Le décret de grâce ne concerne que les condamnés définitifs et ne s’applique pas aux personnes en détention préventive. Il impose des conditions à ceux qui bénéficieront de cette grâce sans préciser de noms et sans aucune mention des détenus d’opinion et des prisonniers politiques. Cependant, ces conditions ont été établies pour exclure les détenus d’opinion, dont le nombre est estimé à 260, en plus des prisonniers politiques de la période des années 90, estimés à 160. Seuls 18 détenus d’opinion ont bénéficié des mesures de grâce, dont les accusations ont coïncidé avec celles non exclues dans le décret présidentiel de grâce, parmi eux le journaliste et directeur du site « Radio M », Ihsane El Kadi, et le militant des droits de l’homme, Mohad Kacimi.
Le décret exclut également les personnes condamnées pour des crimes liés à des accusations de rassemblement et d’incitation à celui-ci, ainsi que celles condamnées pour avoir commis ou tenté de commettre des crimes mentionnés dans l’article 87 bis du code pénal, relatifs aux actes de terrorisme et de sabotage. Les accusations concernant des actes pouvant nuire à la sécurité de l’État et à sa stabilité, ou portant atteinte à l’unité nationale ou à l’intégrité territoriale, ou incitant à cela. Les accusations d’outrage ou d’agression contre des fonctionnaires ou des institutions de l’État. Les accusations de discrimination et de discours de haine, qui sont des accusations pour lesquelles la plupart des détenus d’opinion sont poursuivis. De plus, les personnes condamnées pour avoir commis ou tenté de commettre des crimes énoncés dans le décret législatif 92-03 du 30 septembre 1992, relatif à la lutte contre le sabotage et le terrorisme, sont également exclues, et c’est ce qui a conduit à la majorité des prisonniers politiques depuis les années 90.

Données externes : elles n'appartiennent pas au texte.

//! Rule files and scripts that are taken, and texts of refusals. What is refused, and why, is told by cases/.
use fill_area::Windows;
use fill_base::{Layer, Point, Rect};
use fill_raster::Raster;
use fill_text::{
    AlsoKey, ChipRows, Edit, Key, NumberKey, OptionalKey, RuleError, ScriptError, TextKey,
    read_chip_rules, read_rules, read_script,
};
use std::alloc::Global;
use std::test::Fail;

/// A rule file, a record a line.
const RULES: [&str; 32] = [
    "frame_x1,0",
    "frame_y1,0",
    "frame_x2,100",
    "frame_y2,100",
    "box_w,4",
    "box_h,4",
    "step_x,10",
    "step_y,10",
    "origin_x,3",
    "origin_y,3",
    "spacing,2",
    "fill_spacing,2",
    "win_w,50",
    "win_h,50",
    "win_step_x,25",
    "win_step_y,25",
    "win_x,0",
    "win_y,0",
    "win_nx,3",
    "win_ny,3",
    "min,300000",
    "max,800000",
    "tile_nx,4",
    "tile_ny,4",
    "layer,7",
    "datatype,0",
    "fill_layer,10",
    "fill_datatype,1",
    "top,TOP",
    "fill_lib,FILL",
    "fill_cell,BOX4",
    "fill_top,FILLTOP",
];

/// The rule file with the record `at`, from 1, written in another way.
fn rules_with(alloc: Global, at: usize, record: &str) -> Result<Vec<u8>, Fail> {
    let mut text = Vec::new(alloc);
    for (i, line) in RULES.iter().enumerate() {
        let line = if i + 1 == at { record } else { *line };
        text.extend_from_slice(line.as_bytes())?;
        text.push(b'\n')?;
    }
    Ok(text)
}

/// A rule file in which no two rules have one value, so that none can stand for another.
const DISTINCT_RULES: &[u8] = b"fill_top,B
fill_cell,C
fill_lib,L
top,T
fill_datatype,13
fill_layer,14
datatype,1
layer,65535
tile_ny,8
tile_nx,7
max,820000
min,310000
win_ny,2
win_nx,3
win_y,-28
win_x,-27
win_step_y,36
win_step_x,35
win_h,44
win_w,43
fill_spacing,12
spacing,11
origin_y,-10
origin_x,-9
step_y,18
step_x,17
box_h,6
box_w,5
frame_y2,204
frame_x2,203
frame_y1,-102
frame_x1,-101
";

#[test]
fn every_rule_has_its_value(rt: HostRuntime) -> Result<(), Fail> {
    let rules = read_rules(rt.alloc(), DISTINCT_RULES)?;
    assert_eq!(rt; rules.frame(), Rect::new(-101, -102, 203, 204)?);
    let frame = [
        rules.frame_x1(),
        rules.frame_y1(),
        rules.frame_x2(),
        rules.frame_y2(),
    ];
    assert_eq!(rt; frame, [-101, -102, 203, 204]);
    let origin = Point { x: -9, y: -10 };
    let places = Raster::new(rules.frame(), (5, 6), (17, 18), origin, 12, (7, 8));
    assert_eq!(rt; places, Ok(rules.raster()));
    let raster = [
        rules.box_w(),
        rules.box_h(),
        rules.step_x(),
        rules.step_y(),
        rules.origin_x(),
        rules.origin_y(),
    ];
    assert_eq!(rt; raster, [5, 6, 17, 18, -9, -10]);
    assert_eq!(rt; [rules.spacing(), rules.fill_spacing()], [11, 12]);
    let sides = [
        rules.win_w(),
        rules.win_h(),
        rules.win_step_x(),
        rules.win_step_y(),
    ];
    assert_eq!(rt; sides, [43, 44, 35, 36]);
    let windows = [rules.win_x(), rules.win_y(), rules.win_nx(), rules.win_ny()];
    assert_eq!(rt; windows, [-27, -28, 3, 2]);
    let rest = [rules.min(), rules.max(), rules.tile_nx(), rules.tile_ny()];
    assert_eq!(rt; rest, [310_000, 820_000, 7, 8]);
    let layers = [rules.layer(), rules.datatype(), rules.fill_datatype()];
    assert_eq!(rt; layers, [65_535, 1, 13]);
    let metal = Layer {
        layer: 65_535,
        data_type: 1,
    };
    let fill = Layer {
        layer: 14,
        data_type: 13,
    };
    assert_eq!(rt; [rules.metal_layer(), rules.fill_layer()], [metal, fill]);
    let want = Windows::new(Point { x: -27, y: -28 }, (43, 44), (35, 36), (3, 2))?;
    assert_eq!(rt; rules.windows(), want);
    assert!(rt; rules.top() == b"T".as_slice());
    assert!(rt; rules.fill_lib() == b"L".as_slice());
    assert!(rt; rules.fill_cell() == b"C".as_slice());
    assert!(rt; rules.fill_top() == b"B".as_slice());
    Ok(())
}

#[test]
fn a_key_prints_as_its_name(rt: HostRuntime) -> Result<(), Fail> {
    let alloc = rt.alloc();
    for (key, want) in [
        (Key::Number(NumberKey::FrameX1), "frame_x1"),
        (Key::Number(NumberKey::WinStepY), "win_step_y"),
        (Key::Number(NumberKey::FillDatatype), "fill_datatype"),
        (Key::Text(TextKey::Top), "top"),
        (Key::Text(TextKey::FillTop), "fill_top"),
        (Key::Optional(OptionalKey::KeepLayer), "keep_layer"),
        (Key::Optional(OptionalKey::KeepDatatype), "keep_datatype"),
        (Key::Also(AlsoKey::Metal), "also_metal"),
        (Key::Also(AlsoKey::Fill), "also_fill"),
        (Key::Also(AlsoKey::Keep), "also_keep"),
        (Key::Padding, "padding"),
    ] {
        let text = format!(in alloc; "{key}")?;
        assert_eq!(rt; text.as_str(), want);
    }
    Ok(())
}

#[test]
fn refusals_print_their_reason(rt: HostRuntime) -> Result<(), Fail> {
    let alloc = rt.alloc();
    for (error, want) in [
        (RuleError::BadRow { line: 3 }, "record 3 is no rule"),
        (
            RuleError::BadNumber { line: 4 },
            "record 4 has a bad number",
        ),
        (
            RuleError::BadRule {
                key: Key::Number(NumberKey::Min),
            },
            "the rule min is missing or out of range",
        ),
        (RuleError::BadRect, "the frame holds no square"),
        (
            RuleError::BadWindows,
            "the windows are too many or out of range",
        ),
        (
            RuleError::BadPitch,
            "a step is below the side of a box and the fill spacing",
        ),
        (
            RuleError::TooManyPlaces,
            "the frame has more than 16777216 places for a box",
        ),
        (RuleError::Memory, "out of memory"),
    ] {
        let text = format!(in alloc; "{error}")?;
        assert_eq!(rt; text.as_str(), want);
    }
    for (error, want) in [
        (ScriptError::BadRow { line: 3 }, "record 3 is no edit"),
        (
            ScriptError::BadNumber { line: 4 },
            "record 4 has a bad number",
        ),
        (ScriptError::TooManyLines, "more than 100,000 records"),
        (ScriptError::Memory, "out of memory"),
    ] {
        let text = format!(in alloc; "{error}")?;
        assert_eq!(rt; text.as_str(), want);
    }
    Ok(())
}

#[test]
fn copies_are_equal_and_other_rules_are_not(rt: HostRuntime) -> Result<(), Fail> {
    let rules = read_rules(rt.alloc(), &rules_with(rt.alloc(), 0, "")?)?;
    let copy = rules.copy(rt.alloc())?;
    assert!(rt; rules == copy && rules.same_as(&copy));
    for (at, record) in [
        (1, "frame_x1,1"),
        (28, "fill_datatype,2"),
        (29, "top,TOQ"),
        (32, "fill_top,FILL"),
    ] {
        let other = read_rules(rt.alloc(), &rules_with(rt.alloc(), at, record)?)?;
        assert!(rt; rules != other && !rules.same_as(&other), "{record}");
    }
    Ok(())
}

/// The rule file with more records behind it.
fn rules_and(alloc: Global, more: &str) -> Result<Vec<u8>, Fail> {
    let mut text = rules_with(alloc, 0, "")?;
    text.extend_from_slice(more.as_bytes())?;
    Ok(text)
}

/// Rules that say zero padding and those that say nothing of it are equal; other keep-outs, and ignored padding, are not.
#[test]
fn optional_rules_have_their_values(rt: HostRuntime) -> Result<(), Fail> {
    let alloc = rt.alloc();
    let plain = read_rules(alloc, &rules_and(alloc, "")?)?;
    assert_eq!(rt; plain.keep_layer(), None);
    assert_eq!(rt; plain.keep_datatype(), None);
    assert!(rt; !plain.ignores_padding());
    let zero = read_rules(alloc, &rules_and(alloc, "padding,zero\n")?)?;
    assert!(rt; plain == zero);
    let keep = read_rules(
        alloc,
        &rules_and(alloc, "keep_datatype,65535\nkeep_layer,0\n")?,
    )?;
    let layer = Layer {
        layer: 0,
        data_type: 65_535,
    };
    assert_eq!(rt; keep.keep_layer(), Some(layer));
    assert_eq!(rt; keep.keep_datatype(), Some(65_535));
    assert!(rt; keep != plain && keep == keep.copy(alloc)?);
    let ignored = read_rules(alloc, &rules_and(alloc, "padding,ignore\n")?)?;
    assert!(rt; ignored != plain && ignored == ignored.copy(alloc)?);
    assert!(rt; ignored.ignores_padding());
    Ok(())
}

fn layer(layer: u16, data_type: u16) -> Layer {
    Layer { layer, data_type }
}

#[test]
fn layers_stand_in_the_order_of_the_file(rt: HostRuntime) -> Result<(), Fail> {
    let alloc = rt.alloc();
    let plain = read_rules(alloc, &rules_and(alloc, "")?)?;
    assert!(rt; plain.metal_layers(alloc)?.as_slice() == [layer(7, 0)].as_slice());
    assert!(rt; plain.existing_layers().is_empty());
    assert!(rt; plain.keep_layers(alloc)?.is_empty());
    let more =
        "also_keep,31/1\nalso_metal,31/2\nalso_fill,33/3\nkeep_layer,31\nalso_fill,32/65535\n\
        also_metal,000000000000000007/0\nkeep_datatype,2\nalso_metal,31/2\n";
    let rules = read_rules(alloc, &rules_and(alloc, more)?)?;
    let metal = [layer(7, 0), layer(31, 2), layer(7, 0), layer(31, 2)];
    let existing = [layer(33, 3), layer(32, 65_535)];
    let keep = [layer(31, 2), layer(31, 1)];
    assert!(rt; rules.metal_layers(alloc)?.as_slice() == metal.as_slice());
    assert!(rt; rules.existing_layers() == existing.as_slice());
    assert!(rt; rules.keep_layers(alloc)?.as_slice() == keep.as_slice());
    assert!(rt; rules != plain && rules == rules.copy(alloc)?);
    Ok(())
}

#[test]
fn a_script_gives_its_edits(rt: HostRuntime) -> Result<(), Fail> {
    let edits = read_script(
        rt.alloc(),
        b"add,0,0,10,10\r\n\nadd,5,5,15,15\n\"cut\",-5,0,\"5\",5\nkeep,7,8,9,10",
    )?;
    let want = [
        Edit::Add(Rect::new(0, 0, 10, 10)?),
        Edit::Add(Rect::new(5, 5, 15, 15)?),
        Edit::Cut(Rect::new(-5, 0, 5, 5)?),
        Edit::Keep(Rect::new(7, 8, 9, 10)?),
    ];
    assert!(rt; edits.as_slice() == want.as_slice());
    assert!(rt; read_script(rt.alloc(), b"")?.is_empty());
    Ok(())
}

#[test]
fn edits_of_one_kind_and_one_rectangle_are_equal(rt: HostRuntime) -> Result<(), Fail> {
    let rect = Rect::new(0, 0, 10, 10)?;
    let wider = Rect::new(0, 0, 11, 10)?;
    assert_eq!(rt; Edit::Add(rect), Edit::Add(rect));
    assert_eq!(rt; Edit::Cut(rect), Edit::Cut(rect));
    assert_ne!(rt; Edit::Add(rect), Edit::Cut(rect));
    assert_ne!(rt; Edit::Add(rect), Edit::Add(wider));
    assert_ne!(rt; Edit::Cut(rect), Edit::Cut(wider));
    assert_eq!(rt; Edit::Keep(rect), Edit::Keep(rect));
    assert_ne!(rt; Edit::Keep(rect), Edit::Add(rect));
    assert_ne!(rt; Edit::Keep(rect), Edit::Keep(wider));
    Ok(())
}

/// Three columns of 2^20 rows of windows are too many for rules, and not for those of a chip; two rows of them are none too many.
#[test]
fn a_chip_has_as_many_windows_as_it_likes(rt: HostRuntime) -> Result<(), Fail> {
    let alloc = rt.alloc();
    let text = rules_with(alloc, 20, "win_ny,1048576")?;
    assert!(rt; read_rules(alloc, &text).err() == Some(RuleError::BadWindows));
    let chip = read_chip_rules(alloc, &text)?;
    assert!(rt; chip.window_rows().count == 1_048_576);
    let rows = ChipRows {
        bottom: 0,
        top: 60,
        first_window: 25,
        windows: 2,
    };
    let rules = chip.with_rows(alloc, rows)?;
    assert!(rt; rules.frame() == Rect::new(0, 0, 100, 60)?);
    assert!(rt; rules.win_y() == 25 && rules.win_ny() == 2);
    let many = ChipRows {
        windows: 400_000,
        ..rows
    };
    assert!(rt; chip.with_rows(alloc, many).err() == Some(RuleError::BadWindows));
    Ok(())
}

/// Ten columns of 10^8 rows of places are too many for rules.
#[test]
fn a_chip_has_as_many_places_as_it_likes(rt: HostRuntime) -> Result<(), Fail> {
    let alloc = rt.alloc();
    let text = rules_with(alloc, 4, "frame_y2,1000000000")?;
    assert!(rt; read_rules(alloc, &text).err() == Some(RuleError::TooManyPlaces));
    let chip = read_chip_rules(alloc, &text)?;
    assert!(rt; chip.place_rows().high == 1_000_000_000);
    let rows = ChipRows {
        bottom: 500_000,
        top: 500_100,
        first_window: 0,
        windows: 3,
    };
    assert!(rt; chip.with_rows(alloc, rows)?.frame_y1() == 500_000);
    let tall = ChipRows {
        top: 500_000_000,
        ..rows
    };
    assert!(rt; chip.with_rows(alloc, tall).err() == Some(RuleError::TooManyPlaces));
    let flat = ChipRows {
        top: 500_000,
        ..rows
    };
    assert!(rt; chip.with_rows(alloc, flat).err() == Some(RuleError::BadRect));
    Ok(())
}

/// A chip's other faults are those of rules, also where it has too many windows.
#[test]
fn a_chip_is_refused_as_rules_are(rt: HostRuntime) -> Result<(), Fail> {
    let alloc = rt.alloc();
    for (at, record) in [
        (2, "frame_y1,100"),
        (7, "step_x,5"),
        (22, "max,299999"),
        (18, "win_y,1073741800"),
    ] {
        let text = rules_with(alloc, at, record)?;
        assert!(rt;
            read_chip_rules(alloc, &text).err() == read_rules(alloc, &text).err(),
            "{record}"
        );
        assert!(rt; read_chip_rules(alloc, &text).is_err(), "{record}");
    }
    Ok(())
}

Il convient de noter que la présidence de la République a publié un communiqué de grâce présidentielle il y a deux ans, le 4 juillet 2022, annonçant la préparation d’une loi spéciale, en prolongement des lois de grâce et de réconciliation nationale, concernant 298 condamnés. Cela visait la catégorie des prisonniers des années 90, mais cette loi n’a jamais vu le jour, laissant le dossier de ces prisonniers politiques en suspens malgré leur difficile condition de santé et humaine dans les prisons.
L’Organisation CHOAA exprime son mécontentement quant à l’exclusion des détenus d’opinion et des prisonniers politiques du décret de grâce. De plus, la poursuite par les autorités algériennes de nouveaux citoyens avec des accusations politiques, la dernière étant la mise en détention préventive du militant des droits de l’homme Ayoub Azawi à la veille de la célébration du 70ème anniversaire de la révolution de libération, ainsi que le déni persistant de l’existence de détenus d’opinion. Leur indifférence et leur mépris envers les appels des organisations des droits de l’homme pour la libération des détenus d’opinion et des prisonniers politiques, alors qu’il est question de « dialogue national », confirment l’absence de toute intention ou volonté politique d’améliorer la situation des droits de l’homme ou de libérer tous les détenus d’opinion et les prisonniers politiques. Cela démontre qu’elles restent fermement engagées dans une politique de non-tolérance envers les personnes arrêtées pour des accusations politiques et remet en question toute crédibilité à l’appel du président Abdelmadjid Tebboune à ouvrir un dialogue national inclusif avec toutes les forces nationales du pays.
L’Organisation CHOAA dénonce également la poursuite par les autorités algériennes de la politique de répression et appelle à mettre fin aux restrictions sur les libertés, à cesser les arrestations parmi les militants et les opposants, ainsi qu’aux poursuites judiciaires à leur encontre, et à libérer les détenus d’opinion et les prisonniers politiques, tout en ouvrant un véritable dialogue politique. La résolution des multiples crises auxquelles l’Algérie fait face aujourd’hui nécessite une ouverture politique et une liberté de la presse.